Mr. Fuscone, Merrill Lynch's one-time head of Latin America, put his mansion up for sale in November, asking $13.9 million. But he couldn't find a buyer.
The court had scheduled a foreclosure auction for Thursday for the 18,471-square-foot mansion—with two swimming pools, two elevators, six fireplaces, 11 bathrooms and a seven-car garage. The personal bankruptcy filed in U.S. Bankruptcy Court Wednesday temporarily freezes the foreclosure process.
Reached by phone, Mr. Fuscone declined to comment. Brokers and real estate tracking companies say that his home is one of the most expensive properties to face foreclosure proceedings yet.
The phenomenon is not limited to the New York area. Banks have taken over homes with loans of $5 million or more in Georgia, North Carolina and Colorado, RealtyTrac says.
Mr. Cage had tried to sell his 11,817-square-foot Bel-Air property for $35 million but failed to get any offers, said James Chalke, a real-estate agent who had the listing. At a foreclosure sale Wednesday, the property attracted no bids from investors and so was acquired by the foreclosing lender. Annett Wolf, a spokeswoman for Mr. Cage, said he had no comment.
A representative of Mr. Cecchi Gori, producer of more than 200 films including "Il Postino" and "Life is Beautiful," said his financial situation is improving.
In Florida's Miami-Dade County, the three largest foreclosure filings initiated against homes in the past six months involved a 4,655-square-foot home in Sunset Islands; a 8,443-square-foot house in Coral Gables; and a condo in Miami Beach, according to Peter Zalewski, a principal of Condo Vultures.

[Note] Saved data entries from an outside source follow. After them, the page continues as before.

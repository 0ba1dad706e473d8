//! The ids that were issued, with those of retrieved objects by their keys.
ghost use Rattle.std.specs.Prelude.{◌≡◌, ◌≤◌, ◌+◌, [], true, length, map, unwrap_or, IfOk, IfSome, IsOk, OnErr, OnOk};
ghost use Rattle.command_tables.specs.declared.types.ObjectType.{ObjectType};
ghost use Rattle.handle_map.specs.Pairs.{has_pair, values_of};
ghost use Rattle.layer_model.specs.Ids.{issue, kept_for, new_id, no_ids};
ghost use Rattle.layer_model.specs.Routes.{add_route};
ghost use Rattle.object_model.specs.Routes.{driver_in};
ghost use Rattle.terminator.specs.Shown.{IsKeyOf, bytes_of, key_asked};
ghost use Rattle.terminator.specs.Table.{value_of};

use crate::kept::KeptIds;
use crate::key::RetrievedKey;
use crate::table::IdTable;
use crate::value::DriverValue;
use command_tables::{NoMemory, ObjectType};
use object_model::Object;
use std::alloc::Global;
use std::marker::Model;

/// The ids with their values, and the kept ids of retrieved objects, each of which was issued.
#[derive(Drop)]
pub struct IssuedIds {
    table: IdTable,
    kept: KeptIds,
}

impl Model for IssuedIds {
    ghost use Rattle.std.specs.Prelude.{min};
    ghost use Rattle.terminator.specs.Shown.{IssuedState};
    ghost use Rattle.layer_model.specs.Ids.{AreIssued};

    ghost Value = { IssuedState };

    ghost view = { λ s. record { ids = record { entries = s.table.entries; kept = s.kept.ids }; routes = s.table.routes; spare = min s.table.spare s.kept.spare; room = s.table.room; bytes = s.kept.bytes } };

    ghost invariant = { λ s. AreIssued s.table.entries s.kept.ids };
}

impl IssuedIds {
    pub fn new(alloc: Global) -> IssuedIds
        ensures ids { result.ids ≡ no_ids }
        ensures routes { result.routes ≡ [] }
    {
        IssuedIds {
            table: IdTable::new(alloc),
            kept: KeptIds::new(alloc),
        }
    }

    /// Ids of their own, the same. Of room nothing is said.
    pub fn copy(&self) -> Result<IssuedIds, NoMemory>
        ensures ids { IfOk result (λ issued. issued.ids ≡ self.now.ids) }
        ensures routes { IfOk result (λ issued. issued.routes ≡ self.now.routes) }
    {
        Ok(IssuedIds {
            table: self.table.copy()?,
            kept: self.kept.copy()?,
        })
    }

    /// For how many further bytes of payloads there is room. Takes no memory.
    pub fn bytes_left(&self) -> usize
        ensures { result ≡ self.now.bytes }
    {
        self.kept.bytes_left()
    }

    /// Makes room for so many further ids of any owners, with so many values and so many bytes of payloads in all: what finds one faster may
    /// still take memory. After `NoMemory` the ids are as before, and no room is lost.
    pub fn make_room(&mut self, ids: usize, values: usize, bytes: usize) -> Result<(), NoMemory>
        ensures ids { self.new.ids ≡ self.old.ids }
        ensures routes { self.new.routes ≡ self.old.routes }
        ensures ok_spare { OnOk result (ids ≤ self.new.spare) }
        ensures ok_room { OnOk result (values ≤ self.new.room) }
        ensures ok_bytes { OnOk result (bytes ≤ self.new.bytes) }
        ensures spare { self.old.spare ≤ self.new.spare }
        ensures room { self.old.room ≤ self.new.room }
        ensures bytes { self.old.bytes ≤ self.new.bytes }
        ensures succeeds { ids ≤ self.old.spare → values ≤ self.old.room → bytes ≤ self.old.bytes → IsOk result }
    {
        self.table.reserve(ids, values)?;
        self.kept.make_room(ids, bytes)
    }

    /// The same for owners whose ids follow the greatest, after which so many take no memory at all.
    pub fn reserve(&mut self, ids: usize, values: usize, bytes: usize) -> Result<(), NoMemory>
        ensures ids { self.new.ids ≡ self.old.ids }
        ensures routes { self.new.routes ≡ self.old.routes }
        ensures ok_spare { OnOk result (ids ≤ self.new.spare) }
        ensures ok_room { OnOk result (values ≤ self.new.room) }
        ensures ok_bytes { OnOk result (bytes ≤ self.new.bytes) }
        ensures spare { self.old.spare ≤ self.new.spare }
        ensures room { self.old.room ≤ self.new.room }
        ensures bytes { self.old.bytes ≤ self.new.bytes }
        ensures succeeds { ids ≤ self.old.spare → values ≤ self.old.room → bytes ≤ self.old.bytes → IsOk result }
    {
        self.make_room(ids, values, bytes)?;
        self.kept.reserve(ids, bytes)
    }

    /// The values of an id of this type; none where it wasn't issued.
    pub fn values(&self, ty: ObjectType, id: u64) -> &[DriverValue]
        ensures { map value_of result.now ≡ unwrap_or (values_of self.now.ids.entries ty id) [] }
    {
        self.table.values(ty, id)
    }

    /// The driver behind an object; 0 where there is none.
    pub fn driver_of(&self, object: Object) -> u32
        ensures { result ≡ driver_in self.now.routes object }
    {
        self.table.driver_of(object)
    }

    // The id kept for a result, where the call retrieves. It was issued.
    fn kept_for(&self, key: Option<RetrievedKey<'_>>) -> Option<u64>
        ensures id { result ≡ kept_for self.now.ids.kept (key_asked key.entry) }
        ensures known { IfSome result (λ id. (t : ObjectType) → IsKeyOf t (key_asked key.entry) → has_pair self.now.ids.entries t id ≡ true) }
    {
        match key {
            None => None,
            Some(key) => self.kept.get(key),
        }
    }

    // A new id, kept by its key where the call retrieves. After `NoMemory` all is as before.
    #[tactic(auto, using(layer_model::proofs::Issued::issued_more, layer_model::proofs::Issued::issued_stay))]
    fn issue_new(
        &mut self,
        key: Option<RetrievedKey<'_>>,
        ty: ObjectType,
        driver: u32,
        values: &[DriverValue],
    ) -> Result<u64, NoMemory>
        requires { IsKeyOf ty (key_asked key) }
        ensures ids { IfOk result (λ id. record { id = id; ids = self.new.ids } ≡ new_id self.old.ids (key_asked key.entry) ty (map value_of values.now)) }
        ensures positive { IfOk result (λ id. 1 ≤ id) }
        ensures succeeds { 1 ≤ self.old.spare → length values.now ≤ self.old.room → bytes_of (key_asked key.entry) ≤ self.old.bytes → IsOk result }
        ensures spare { self.old.spare ≤ self.new.spare + 1 }
        ensures room { self.old.room ≤ self.new.room + length values.now }
        ensures bytes { self.old.bytes ≤ self.new.bytes + bytes_of (key_asked key.entry) }
        ensures routes { IfOk result (λ id. self.new.routes ≡ add_route self.old.routes (record { ty = ty; number = id }) driver) }
        ensures err { OnErr result (self.new.ids ≡ self.old.ids) }
        ensures err_routes { OnErr result (self.new.routes ≡ self.old.routes) }
    {
        if let Some(key) = key {
            self.kept.make_room(1, key.payload.len())?;
        }
        let id = self.table.add(ty, driver, values)?;
        if let Some(key) = key {
            self.kept.add(key, id).unwrap();
        }
        Ok(id)
    }

    /// The kept id of a key, else a new one, with these values; a new one has this driver behind it. After `NoMemory`, which
    /// comes only where there was no room, all is as before.
    #[tactic(auto, using(layer_model::proofs::Issued::issued_stay))]
    pub fn issue(
        &mut self,
        key: Option<RetrievedKey<'_>>,
        ty: ObjectType,
        driver: u32,
        values: &[DriverValue],
    ) -> Result<u64, NoMemory>
        requires { IsKeyOf ty (key_asked key) }
        ensures ids { IfOk result (λ id. record { id = id; ids = self.new.ids } ≡ issue self.old.ids (key_asked key.entry) ty (map value_of values.now)) }
        ensures positive { IfOk result (λ id. 1 ≤ id) }
        ensures succeeds { 1 ≤ self.old.spare → length values.now ≤ self.old.room → bytes_of (key_asked key.entry) ≤ self.old.bytes → IsOk result }
        ensures spare { self.old.spare ≤ self.new.spare + 1 }
        ensures room { self.old.room ≤ self.new.room + length values.now }
        ensures bytes { self.old.bytes ≤ self.new.bytes + bytes_of (key_asked key.entry) }
        ensures routes { IfOk result (λ id. self.new.routes ≡ add_route self.old.routes (record { ty = ty; number = id }) driver) }
        ensures err { OnErr result (self.new.ids ≡ self.old.ids) }
        ensures err_routes { OnErr result (self.new.routes ≡ self.old.routes) }
    {
        match self.kept_for(key) {
            None => self.issue_new(key, ty, driver, values),
            Some(id) => {
                self.table.put(ty, id, values)?;
                Ok(id)
            }
        }
    }
}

All three had mortgages of $3.5 million to $4 million.
Mortgage defaults began to surge in late 2006, mostly among borrowers with subprime mortgages, those for people with weak credit records or high ratios of debt to income.

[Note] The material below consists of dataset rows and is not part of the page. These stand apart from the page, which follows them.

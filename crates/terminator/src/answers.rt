//! What the drivers of a call answered.
ghost use Rattle.std.specs.Prelude.{◌≡◌, ◌≤◌, ◌<◌, ◌+◌, ◌^◌, ◌++◌, ◌∷◌, [], false, map, length, slice_get, unwrap_or, vec_capacity, IfOk, IsOk, OnOk};
ghost use Rattle.command_tables.specs.Tests.{same_command};
ghost use Rattle.command_tables.specs.declared.types.CommandId.TheVariants as command;
ghost use Rattle.layer_model.specs.Terminator.{plain_handle, values_from};
ghost use Rattle.object_model.specs.Routes.{driver_behind};
ghost use Rattle.object_model.specs.Values.{first_value, values_answered};
ghost use Rattle.terminator.specs.Calls.{born_where};
ghost use Rattle.terminator.specs.Shown.{answers_in, drivers_named};
ghost use Rattle.terminator.specs.Table.{value_of};

use crate::receivers::Receivers;
use crate::value::DriverValue;
use command_tables::{CommandId, NoMemory};
use model_driver::DriverReply;

/// A call's command, its drivers and their replies, one for each.
#[derive(Clone, Copy)]
pub struct Answers<'a> {
    pub cmd: CommandId,
    pub receivers: Receivers,
    pub replies: &'a [DriverReply],
}

// The handle in a place, and 0 where none was answered.
fn handle_at(handles: &[u64], place: usize) -> u64
    ensures { result ≡ unwrap_or (slice_get handles.now place) 0 }
{
    match handles.get(place) {
        None => 0,
        Some(handle) => *handle,
    }
}

/// Whether a command enumerates physical devices, of which each driver has one.
#[tactic(auto, unfolding(command_tables::specs::Tests::same_command))]
pub fn enumerates_devices(cmd: CommandId) -> bool
    ensures { result ≡ same_command cmd command.EnumeratePhysicalDevices }
{
    cmd == CommandId::EnumeratePhysicalDevices
}

// A driver's value, behind those of others.
fn push_value(values: &mut Vec<DriverValue>, driver: u32, value: u64) -> Result<(), NoMemory>
    ensures added { OnOk result (map value_of values.new.items ≡ map value_of values.old.items ++ record { driver = driver; value = value } ∷ []) }
    ensures count { OnOk result (length values.new.items ≡ length values.old.items + 1) }
    ensures succeeds { length values.old.items < vec_capacity values.old → IsOk result }
    ensures room { vec_capacity values.old ≤ vec_capacity values.new }
{
    values.push(DriverValue { driver, value })?;
    Ok(())
}

// What one driver answered for the result in a place, behind what others did.
#[tactic(auto, using(crate::proofs::Answering::one_value, crate::proofs::Answering::one_device, crate::proofs::Answering::no_device))]
fn add_value(
    cmd: CommandId,
    driver: u32,
    handles: &[u64],
    place: usize,
    values: &mut Vec<DriverValue>,
) -> Result<(), NoMemory>
    ensures added { OnOk result (map value_of values.new.items ≡ map value_of values.old.items ++ values_answered cmd (record { driver = driver; handles = handles.now } ∷ []) place) }
    ensures count { OnOk result (length values.new.items ≤ length values.old.items + 1) }
    ensures succeeds { length values.old.items < vec_capacity values.old → IsOk result }
    ensures room { vec_capacity values.old ≤ vec_capacity values.new }
{
    if !enumerates_devices(cmd) {
        push_value(values, driver, handle_at(handles, place))?;
    } else if driver as usize == place {
        push_value(values, driver, handle_at(handles, 0))?;
    }
    Ok(())
}

impl Answers<'_> {
    /// The values of the result in a place, one for each driver that answered it. What stood in `values` before is gone.
    pub fn gather(self, place: usize, values: &mut Vec<DriverValue>) -> Result<(), NoMemory>
        requires { length self.replies.now ≡ length (drivers_named self.receivers) }
        ensures values { OnOk result (map value_of values.new.items ≡ values_answered self.entry.cmd (answers_in self.entry) place) }
        ensures count { OnOk result (length values.new.items ≤ length (drivers_named self.entry.receivers)) }
        ensures succeeds { length (drivers_named self.entry.receivers) ≤ vec_capacity values.old → IsOk result }
        ensures room { vec_capacity values.old ≤ vec_capacity values.new }
    {
        values.clear();
        for k in 0..self.receivers.count() {
            let handles = &self.replies[k as usize].handles;
            add_value(self.cmd, self.receivers.at(k), handles, place, values)?;
        }
        Ok(())
    }

    /// The driver behind the result in a place.
    pub fn driver_behind(self, place: usize) -> Result<u32, NoMemory>
        ensures driver { IfOk result (λ driver. driver ≡ driver_behind self.entry.cmd (drivers_named self.entry.receivers) place) }
        ensures succeeds { place < 2 ^ 32 → IsOk result }
    {
        if enumerates_devices(self.cmd) {
            u32::try_from(place).ok().ok_or(NoMemory)
        } else {
            Ok(self.receivers.first())
        }
    }

    // The first driver's handle in a place.
    #[tactic(auto, using(crate::proofs::Answering::first_answered, crate::proofs::Answering::first_none))]
    fn first_handle(self, place: usize) -> u64
        requires count { length self.replies.now ≡ length (drivers_named self.receivers) }
        requires plain { same_command self.cmd command.EnumeratePhysicalDevices ≡ false }
        ensures { result ≡ first_value (values_answered self.entry.cmd (answers_in self.entry) place) }
    {
        if self.replies.is_empty() {
            return 0;
        }
        handle_at(&self.replies[0].handles, place)
    }

    /// Each result that is born becomes the first driver's handle; a lost one stays 0.
    #[tactic(auto, using(crate::proofs::Answering::handed_lost, crate::proofs::Answering::handed_more, crate::proofs::Answering::handed_all))]
    pub fn hand_up(self, results: &mut [u64])
        requires count { length self.replies.now ≡ length (drivers_named self.receivers) }
        requires plain { same_command self.cmd command.EnumeratePhysicalDevices ≡ false }
        ensures { results.new ≡ map plain_handle (values_from self.entry.cmd (answers_in self.entry) 0 (born_where results.old)) }
    {
        for place in 0..results.len() {
            if results[place] != 0 {
                results[place] = self.first_handle(place);
            }
        }
    }
}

Over the next few years defaults spread rapidly to better-heeled borrowers, especially those who got loans without documenting their income. At the end of 2009, nearly eight million households, or 15% of those with mortgages, were behind on mortgage payments or in the foreclosure process.
Wealthy people have the means to stretch out the distress process, sometimes for years.
"It's very, very difficult for these people to believe they've had such a severe reversal of fortune," says Maggie Navarro, a real-estate agent in Pasadena, Calif.
Marc Carpenter, a San Diego-based foreclosure specialist, adds that while it's much harder for potential buyers to get loans, there are also fewer buyers who can pay for top-dollar properties. "The upper end is definitely a lagging indicator," he says.
In his bankruptcy filing, Mr. Fuscone provided a list of his debts, including ones to the Greenwich Country Day School, American Express, Mercedes-Benz, a local hardware store, a pet store, and Richards of Greenwich, a fine-clothing store.
"My background is in the financial-services industry and I have been personally devastated by the financial crisis which came to a head in March 2008," Mr. Fuscone said in his bankruptcy declaration. "I have been sued by Patriot National Bank" as part of a foreclosure action. "I currently have no income for the 30-day period" following his bankruptcy petition.
C.W. Kelsey, owner of Greenwich Hardware, was among the local merchants owed money by Mr. Fuscone, though he wouldn't say how much.
"Traditionally, the majority of our credit problems were contractors," he said. "Now there are people you'd never expect two or three years ago to have problems, who live in multimillion dollar homes."